Für konkrete Fragen zu Sonderangeboten, verfügbaren Images usw. würde ich einfach mal bei Netcup anrufen.

Java kann mehr als einen Kern nutzen. Der Minecraft-Server nutzt vielleicht nur einen Kern, das kann sein (Mojang arbeitet wohl in letzter Zeit verstärkt an Multicoreunterstützung, wie weit das beim Server fortgeschritten ist, weiß ich nicht.) Zu TS kann ich nichts sagen.

Die Adresse, die du meinst, heißt IP-Adresse, ja sowas hast du dann.
Domain (Adresse aus Buchstaben) kannst du dir dazu kaufen, die verweist dann per DNS auf die IP-Adresse.

Umzug: Wenn du bisher schon eine Domain hast (z. B. meinlustigerserver.example.com) kannst du die natürlich einfach zu netcup umziehen und sie auf die IP deines neuen Servers zeigen lassen. Wenn deine Spieler bisher per IP auf deinen Server kommen, dann würde ich als Begrüßungsnachricht und ggf. in bestimmten Zeitintervallen (Stündlich?) einblenden, dass bald ein Serverumzug ansteht und wie die Domain/IP-Adresse des neuen Servers lautet; Alternativ ne kleine Infowebseite zum Umzug basteln.

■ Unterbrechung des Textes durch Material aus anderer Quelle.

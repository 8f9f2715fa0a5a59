// What may be deleted: whether an item is held, and what the program `retained` prints for a stream.
ghost use Rattle.lists.specs.Buffer.{Written};
ghost use Rattle.retention.specs.Stream.{output_of};
ghost use Rattle.capi_formats.specs.Holding.{HoldingTold};

use retention::LONGEST;

// Sets `letter` to the letter of an item at a time: N not yet, H held, G gone.
#[unsafe(no_mangle)]
pub extern "C" fn zakdomp_holding(kind: u8, start: u64, time: u64, letter: &mut u8) -> u8
    ensures { HoldingTold kind start time letter.old result letter.new }
{
    match retention::item::holding(kind, start, time) {
        Ok(state) => {
            *letter = state.letter();
            0
        }
        Err(refusal) => u8::from(refusal),
    }
}

// Writes what is printed for a stream of items to the start of `output`, and returns its length.
#[unsafe(no_mangle)]
pub extern "C" fn zakdomp_holdings(input: &[u8], output: &mut [u8; LONGEST]) -> usize
    ensures { Written (output_of input.now) output.old result output.new }
{
    retention::list_holdings(input, output)
}
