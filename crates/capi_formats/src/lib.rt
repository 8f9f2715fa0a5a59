// Streams, listings, photographs and items for C, as bytes: each function takes numbers, slices as pointer and length,
// and pointers for its results. It returns 0, or the number of a refusal, which leaves the results as they were. A
// function that writes a text returns its length. include/zakdomp.h declares them.
#![tactic(auto)]

mod corners; // zakdomp_corners: the listing of a frame stream, as the program `corners` prints it
mod holding; // zakdomp_holding, zakdomp_holdings: what may be deleted
mod photo; // zakdomp_pgm: where the pixels of an uploaded photograph are
mod writing; // zakdomp_write_stream: the frame stream
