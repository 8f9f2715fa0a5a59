// What the program `corners` prints for a stream.
ghost use Rattle.finder.specs.Finder.{output_of};
ghost use Rattle.lists.specs.Buffer.{Written};

use listing::LONGEST;

// Writes the listing of a frame stream to the start of `output`, and returns its length.
#[unsafe(no_mangle)]
pub extern "C" fn zakdomp_corners(input: &[u8], output: &mut [u8; LONGEST]) -> usize
    ensures { Written (output_of input.now) output.old result output.new }
{
    finder::find(input, output)
}
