// The frame stream of sides, parameters and pixels.
ghost use Rattle.stream.specs.Stream.{header};
ghost use Rattle.capi_formats.specs.Writing.{StreamTold};

use stream::Header;

// Writes the stream of a frame to the start of `stream`. `written` gets its length. The floats are given as their bits.
#[unsafe(no_mangle)]
pub extern "C" fn zakdomp_write_stream(
    pixels: &[u8],
    w: usize,
    h: usize,
    ring: u32,
    threshold_bits: u32,
    window: u32,
    least_neighbours: u32,
    centroid_radius: u32,
    merge_bits: u32,
    level_count: u32,
    minimum_side: usize,
    search_radius: u32,
    stream: &mut [u8],
    written: &mut usize,
) -> u8
    ensures { StreamTold (header w h ring threshold_bits window least_neighbours centroid_radius
        merge_bits level_count minimum_side search_radius) pixels.now
        stream.old written.old result stream.new written.new }
{
    let header = Header {
        width: w,
        height: h,
        ring,
        threshold_bits,
        window,
        least_neighbours,
        centroid_radius,
        merge_bits,
        levels: level_count,
        minimum_side,
        search_radius,
    };
    match frame_writer::write_frame(header, pixels, stream) {
        Ok(length) => {
            *written = length;
            0
        }
        Err(refusal) => u8::from(refusal),
    }
}
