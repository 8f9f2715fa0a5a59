// Where the pixels of an uploaded photograph are.
ghost use Rattle.capi_formats.specs.Photo.{ImageRead};

// Reads the header of an upload: its pixels begin at `at`, `width` by `height` of them.
#[unsafe(no_mangle)]
pub extern "C" fn zakdomp_pgm(
    upload: &[u8],
    at: &mut usize,
    width: &mut usize,
    height: &mut usize,
) -> u8
    ensures { ImageRead upload.now at.old width.old
        height.old result at.new width.new height.new }
{
    match pgm::read_pgm(upload) {
        Ok(image) => {
            *at = image.at;
            *width = image.w;
            *height = image.h;
            0
        }
        Err(refusal) => u8::from(refusal),
    }
}
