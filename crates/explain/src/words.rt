// What the verb does and how it is called.
use desk::Output;
use std::io;
use std::io::Write;

const HELP: &str = "\
usage: erythmoda explain TABLE BITS RED GREEN BLUE [--corrected-bits BITS]
       erythmoda explain TABLE BITS RED GREEN BLUE --line
       erythmoda explain TABLE --line BITS ROW ROW ROW ROW ROW ROW WEIGHT WEIGHT WEIGHT WEIGHT WEIGHT WEIGHT [--corrected-bits BITS]
Shows which rows of a .cube table made a pixel's corrected codes, and between which codes those rows hold them.
With --line last it prints the pixel's bits, its six rows and its six weights, as one line to keep; with --line after TABLE it
takes such a line, whoever wrote it, and shows the codes that it gives.
  TABLE           the name of a .cube file
  BITS            the depth of the pixel's codes: 8, 10, 12 or 16
  RED GREEN BLUE  the pixel's codes
  ROW             the number of a row of the table, from 0
  WEIGHT          a row's weight, in the order of the rows
  --corrected-bits BITS  the depth of the corrected codes, if it is another one
example: erythmoda explain look.cube 8 51 102 204
example: erythmoda explain look.cube 12 819 1638 3276 --corrected-bits 16
example: erythmoda explain look.cube 8 51 102 204 --line > kept
example: erythmoda explain look.cube --line $(cat kept)
";

pub fn help(out: &mut Output) -> io::Result<()> {
    write!(out, "{HELP}")
}
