// What is shown of a look: the table, the codes, and for each colour the rows that made its code.
ghost use Rattle.std.specs.Prelude.{◌≡◌, true, ◌*◌};
ghost use Rattle.colour.specs.Adding.{RowAt};
ghost use Rattle.explain.specs.Spans.{Seen};

use crate::lines::line_of;
use crate::rows::{Span, carries, span_shown};
use colour::{den_of, row_code};
use desk::{Output, write_sample, write_size};
use halves::four_of;
use rules::{Codes, Colour, Depths, Description, Share, Shares, TenMillionths};
use std::io;
use std::io::Write;

fn show_codes(out: &mut Output, codes: Codes) -> io::Result<()> {
    write!(out, "{} {} {}", codes.red, codes.green, codes.blue)
}

// As `pixel  51 102 204 at 8 bits`.
fn show_pixel(out: &mut Output, raw: Codes, bits: u32) -> io::Result<()> {
    write!(out, "pixel  ")?;
    show_codes(out, raw)?;
    writeln!(out, " at {bits} bits")
}

// The three numbers of a row, in plain decimals.
fn show_samples(out: &mut Output, table: &[i64], row: usize) -> io::Result<()>
    requires { RowAt table.now (3 * row) }
{
    let at = 3 * row;
    write_sample(out, TenMillionths(table[at]))?;
    write!(out, " ")?;
    write_sample(out, TenMillionths(table[at + 1]))?;
    write!(out, " ")?;
    write_sample(out, TenMillionths(table[at + 2]))
}

// As `       row 4 on line 6: 0 0 0, weight 102000 of 255000, code 0`; nothing of a row that carries no weight.
fn show_row(
    out: &mut Output,
    file: &[u8],
    table: &[i64],
    m: u16,
    c: Colour,
    den: u64,
    share: Share,
) -> io::Result<()>
    requires { RowAt table.now (3 * share.row) }
{
    if !carries(share) {
        return Ok(());
    }
    let row = share.row;
    let line = line_of(file, row);
    let code = row_code(table, m, c, row);
    write!(out, "       row {row} on line {line}: ")?;
    show_samples(out, table, row)?;
    writeln!(out, ", weight {} of {den}, code {code}", share.weight)
}

// As `red    51, its rows have codes from 0 to 255`.
fn show_span(out: &mut Output, c: Colour, codes: Codes, span: Span) -> io::Result<()> {
    let least = span.least;
    let greatest = span.greatest;
    match c {
        Colour::Red => write!(out, "red    {}", codes.red)?,
        Colour::Green => write!(out, "green  {}", codes.green)?,
        Colour::Blue => write!(out, "blue   {}", codes.blue)?,
    }
    writeln!(out, ", its rows have codes from {least} to {greatest}")
}

// A colour's code, and the rows that carried its weight.
fn show_colour(
    out: &mut Output,
    d: Description,
    file: &[u8],
    table: &[i64],
    depths: Depths,
    codes: Codes,
    shares: Shares,
    c: Colour,
) -> io::Result<()>
    requires { Seen d table.now depths shares }
{
    let raw = depths.raw;
    let corrected = depths.corrected;
    let m = corrected.greatest();
    let four = four_of(d.kind, c, shares);
    let den = den_of(d, raw.greatest(), c);
    let span = span_shown(d, table, depths, shares, c);
    show_span(out, c, codes, span)?;
    show_row(out, file, table, m, c, den, four.first)?;
    show_row(out, file, table, m, c, den, four.second)?;
    show_row(out, file, table, m, c, den, four.third)?;
    show_row(out, file, table, m, c, den, four.fourth)
}

// As `codes  51 51 51`; with their depth, where it is not the pixel's.
fn show_corrected(out: &mut Output, codes: Codes, depths: Depths) -> io::Result<()> {
    let raw = depths.raw;
    let corrected = depths.corrected;
    let width = corrected.bits();
    write!(out, "codes  ")?;
    show_codes(out, codes)?;
    if width != raw.bits() {
        write!(out, " at {width} bits")?;
    }
    writeln!(out)
}

// Everything of an accepted look but the pixel, which a line doesn't tell.
pub fn show_look(
    out: &mut Output,
    d: Description,
    file: &[u8],
    table: &[i64],
    depths: Depths,
    codes: Codes,
    shares: Shares,
) -> io::Result<()>
    requires { Seen d table.now depths shares }
{
    write!(out, "table  ")?;
    write_size(out, d.kind, d.n)?;
    writeln!(out)?;
    show_corrected(out, codes, depths)?;
    show_colour(out, d, file, table, depths, codes, shares, Colour::Red)?;
    show_colour(out, d, file, table, depths, codes, shares, Colour::Green)?;
    show_colour(out, d, file, table, depths, codes, shares, Colour::Blue)
}

// The pixel before it.
pub fn show_pixel_look(
    out: &mut Output,
    raw: Codes,
    bits: u32,
    d: Description,
    file: &[u8],
    table: &[i64],
    depths: Depths,
    codes: Codes,
    shares: Shares,
) -> io::Result<()>
    requires { Seen d table.now depths shares }
{
    show_pixel(out, raw, bits)?;
    show_look(out, d, file, table, depths, codes, shares)
}
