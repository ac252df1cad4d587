// The auditor's question at the desk: which rows of a table made a pixel's corrected codes, and can a code lie outside those of its rows; and the record
// keeper's, who keeps rows and weights as a line of numbers and asks for the codes later.
#![tactic(auto)]

mod answers;
mod kept;
mod lines;
mod question;
mod rows;
mod show;
mod words;

use answers::explain;
use desk::{Host, Outcome, load_argument};
use question::{Question, read_arguments};
pub use words::help;

// A question, answered by the table that the argument after the verb names.
fn answer_by(host: &mut Host, file: &mut [u8], table: &mut [i64], question: Question) -> Outcome {
    match load_argument(host, 2, &mut *file, &mut *table) {
        Ok(loaded) => explain(
            host,
            loaded.description,
            &file[..loaded.bytes],
            table,
            question,
        ),
        Err(why) => Outcome::from(why),
    }
}

// Whether the arguments ask a question, for which a table is then loaded.
pub fn is_understood(host: &Host) -> bool {
    read_arguments(host).is_some()
}

// The question that the arguments ask, answered with lent space for the file and the table.
pub fn answer(host: &mut Host, file: &mut [u8], table: &mut [i64]) -> Outcome {
    host.program = "erythmoda explain";
    let Some(question) = read_arguments(host) else {
        let _ = help(&mut host.err);
        return Outcome::Failed;
    };
    answer_by(host, file, table, question)
}
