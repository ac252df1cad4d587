// The rows that a colour's code is made of, and the least and the greatest of their codes.
ghost use Rattle.std.specs.Prelude.{◌≡◌, ℕ, ◌*◌, ◌<◌};
ghost use Rattle.rules.specs.Looking.Interpolation.{row_code};
ghost use Rattle.rules.specs.Demands.{Each};
ghost use Rattle.colour.specs.Adding.{RowAt};
ghost use Rattle.halves.specs.Listed.{listed};
ghost use Rattle.explain.specs.Spans.{carries, widened, span_of, shown_span, Seen};

use colour::row_code;
use halves::{Four, four_of};
use rules::{Colour, Depths, Description, Share, Shares};

// The least and the greatest of some codes.
#[derive(Clone, Copy)]
pub struct Span {
    pub least: u16,
    pub greatest: u16,
}

// Whether a row carries weight.
pub fn carries(share: Share) -> bool
    ensures { result ≡ carries share }
{
    share.weight > 0
}

// With one row more; a row that carries no weight changes nothing.
fn wider(span: Span, table: &[i64], m: u16, c: Colour, share: Share) -> Span
    requires { RowAt table.now (3 * share.row) }
    ensures { (den : ℕ) → 0 < den → result ≡ widened (row_code m den table.now c) share span }
{
    if !carries(share) {
        return span;
    }
    let code = row_code(table, m, c, share.row);
    let least = code.min(span.least);
    let greatest = code.max(span.greatest);
    Span { least, greatest }
}

// The least and the greatest code of the rows that carry weight; the last is added first.
fn span_of(table: &[i64], m: u16, c: Colour, four: Four) -> Span
    requires { Each (λ s. RowAt table.now (3 * s.row)) (listed four) }
    ensures { (den : ℕ) → 0 < den → result ≡ span_of (row_code m den table.now c) m (listed four) }
{
    let none = Span {
        least: m,
        greatest: 0,
    };
    let last = wider(none, table, m, c, four.fourth);
    let last_two = wider(last, table, m, c, four.third);
    let last_three = wider(last_two, table, m, c, four.second);
    wider(last_three, table, m, c, four.first)
}

// The least and the greatest code of the rows that a colour's code is made of. The code never lies outside them.
pub fn span_shown(d: Description, table: &[i64], depths: Depths, shares: Shares, c: Colour) -> Span
    requires { Seen d table.now depths shares }
    ensures { result ≡ shown_span d table.now depths shares c }
{
    let kind = d.kind;
    let corrected = depths.corrected;
    span_of(table, corrected.greatest(), c, four_of(kind, c, shares))
}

Was spricht dagegen, auf dem Server des Bekannten zu bleiben? Wenns ein Bekannter von dir ist, hast du immer einen Ansprechpartner, der dir keinen Blödsinn verkaufen will, der dir wohlgesonnen ist und der dir hoffentlich auch geduldig Sachen erklärt.

Was spricht dagegen, das Angebot von Saguya anzunehmen?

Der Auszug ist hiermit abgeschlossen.